BTW, the best and cheapest liquor on the island is the Antilles Liquor store, in the east end of Philipsburg, to the left of the Jump-Up Casino.  (Between the JumpUp Casino and the Afoo Grocery)

Much cheaper than the tourist stores on Front Street.

On the other hand, many of the stores on Front Street DO tend to stay open longer into the evening.

Don't waste your time in the little square of stalls right behind the courthouse.
Walk right past them, turn left.  Lots of neat little stores in the next couple of blocks, neat little places to get a bite to eat or a drink, too.


----------



## JudyS (Feb 18, 2007)

Thanks, Aldo!

So, were you saying that the Afoo grocery is on the west end of the street, or the east end?  There actually seems to be a couple Afoo groceries on St. Maarten -- is this the one called "Afoo Extra Supermarket", maybe?  
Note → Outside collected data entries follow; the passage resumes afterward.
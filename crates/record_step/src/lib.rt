// One record given to a run that the caller lends, and its finding put into a buffer.
#![tactic(auto)]

ghost use Rattle.std.specs.Prelude.{◌≡◌};
ghost use Rattle.tables.specs.Lent.{lent, SameLent};
ghost use Rattle.record_step.specs.Step.{stage, record_answer, record_given};

use event::{Finding, Record, Refusal};
use tables::LentRun;

// One record given to a run, and its finding put with its site at a place of the buffer; nothing of either changes where it is refused.
pub fn judge_record(
    run: &mut LentRun<'_>,
    p: Result<Record, Refusal>,
    at: usize,
    buffer: &mut [u8],
) -> Result<Finding, Refusal>
    ensures answer_value { result ≡ record_answer p (stage (lent run.old) buffer.old) }
    ensures buffer_after { stage (lent run.new) buffer.new ≡ record_given p at (stage (lent run.old) buffer.old) }
    ensures same { SameLent run.new run.old }
{
    let r = p?;
    let f = events::step(run, r)?;
    codec::put(buffer, at, &codec::finding_bytes(f, r.site));
    Ok(f)
}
A grocery store would be great -- I'm hoping they have Muisjes (sugar-coated anise seeds, very popular among the Dutch.)


----------



## irish (Feb 18, 2007)

*help with resorts in st. martin*

thinking of trading my marriott aruba for a st. martin resort for 2009. i belong to II and need  suggestions on resorts. we have never been to st. martin and like to experience new and different places. only 2 small children in equation. everyone else adults.    suggestions please.
thanks


----------



## Aldo (Feb 18, 2007)

Judy,

The Afoo Grocery in Philipsburg is on the East end of Camille (spelling?) Street, the Jump-Up Casino is on the East end of Back Street, so they are about a block away from each other.  The Antilles Wholesale/Retail Liquor Store is in between these two.
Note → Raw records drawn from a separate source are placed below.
// Classes and parts of a role, read off the loaded role file: the operations that have the same resources as one, and which operations are
// the lowest of a part. The word of a role and an operation stands in their cell.
#![tactic(auto)]

ghost use Rattle.std.specs.Prelude.{◌≡◌, ◌≤◌, ◌<◌};
ghost use Rattle.role_record.specs.Cells.{most_operations};
ghost use Rattle.grant_parts.specs.Parts.{class_row, is_first, is_part_in};

use role_record::{ByRole, ByRoleOperation, RoleFile};

// The operations of a role that have the same resources as operation o.
pub fn class_of(permissions: &ByRoleOperation, role: usize, operations: usize, o: usize) -> u64
    requires { (role < 32) × (operations ≤ 16) × (o < most_operations) }
    ensures { result ≡ class_row permissions.now role operations o }
{
    let row = permissions[RoleFile::ROLES * o + role];
    sets::those(
        operations,
        |q| permissions[RoleFile::ROLES * q + role] == row,
    )
}

// Whether no operation of a role before operation o has the same resources.
fn is_first(permissions: &ByRoleOperation, role: usize, o: usize) -> bool
    requires { (role < 32) × (o < most_operations) }
    ensures { result ≡ is_first permissions.now role o }
{
    let row = permissions[RoleFile::ROLES * o + role];
    !(0..o).any(|q| permissions[RoleFile::ROLES * q + role] == row)
}

// Whether operation o is the lowest of a part of the role.
pub fn is_part<'a>(
    holders: &'a ByRole,
    permissions: &'a ByRoleOperation,
    operations: usize,
    role: usize,
    o: usize,
) -> bool
    requires { (role < 32) × (o < most_operations) }
    ensures { result ≡ is_part_in holders.now permissions.now operations role o }
{
    if operations <= o {
        return false;
    }
    if holders[role] == 0 {
        return false;
    }
    if permissions[RoleFile::ROLES * o + role] == 0 {
        return false;
    }
    is_first(permissions, role, o)
}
This Afoo is the largest grocery in the town proper within walking distance of the cruise ship terminal.


----------



## Kal (Feb 18, 2007)

Aldo said:


> ...BTW, the best and cheapest liquor on the island is the Antilles Liquor store, in the east end of Philipsburg, to the left of the Jump-Up Casino. (Between the JumpUp Casino and the Afoo Grocery)
> 
> Much cheaper than the tourist stores on Front Street....


 
You might want to look more carefully at the liquor prices on Front Street.  I have been in the Antilles Liquor Store a number of times and never purchased anything as the prices were far too high.  The very best prices for 98% of brands can be found at *Caribbean Paradise,* diagonally across from McDonalds on Front Street.Many of the jewelry stores have lost leader discounts on a few popular brands.


----------



## agedurkin (Feb 21, 2007)

*jump up*

Aldo, what is the Jump up casino?


----------



## Aldo (Feb 22, 2007)

The JumpUp is a smallish casino in Philipsburg mostly frequented by the locals.

Nothing special expect that my luck has been fairly good there on the slots and the poker machines. 

It's not on Back Street, but if you go to the eastern end of Back Street, which ends at a crossing street in a T intersection, and look across and to your right, you will see the place.

Kal, thanks for the tip.

My gal always likes to buy the flavored rums, but in the Plastic bottles.  She can find this ONLY at the Grand Marche in Marigot.  Me, I'm fine with just a couple of bottles of the cheap rum while I'm there to mix with cokes and for making coladas in the afternoon.  I've found the prices at the Antilles store cheaper even than in the Afoo market.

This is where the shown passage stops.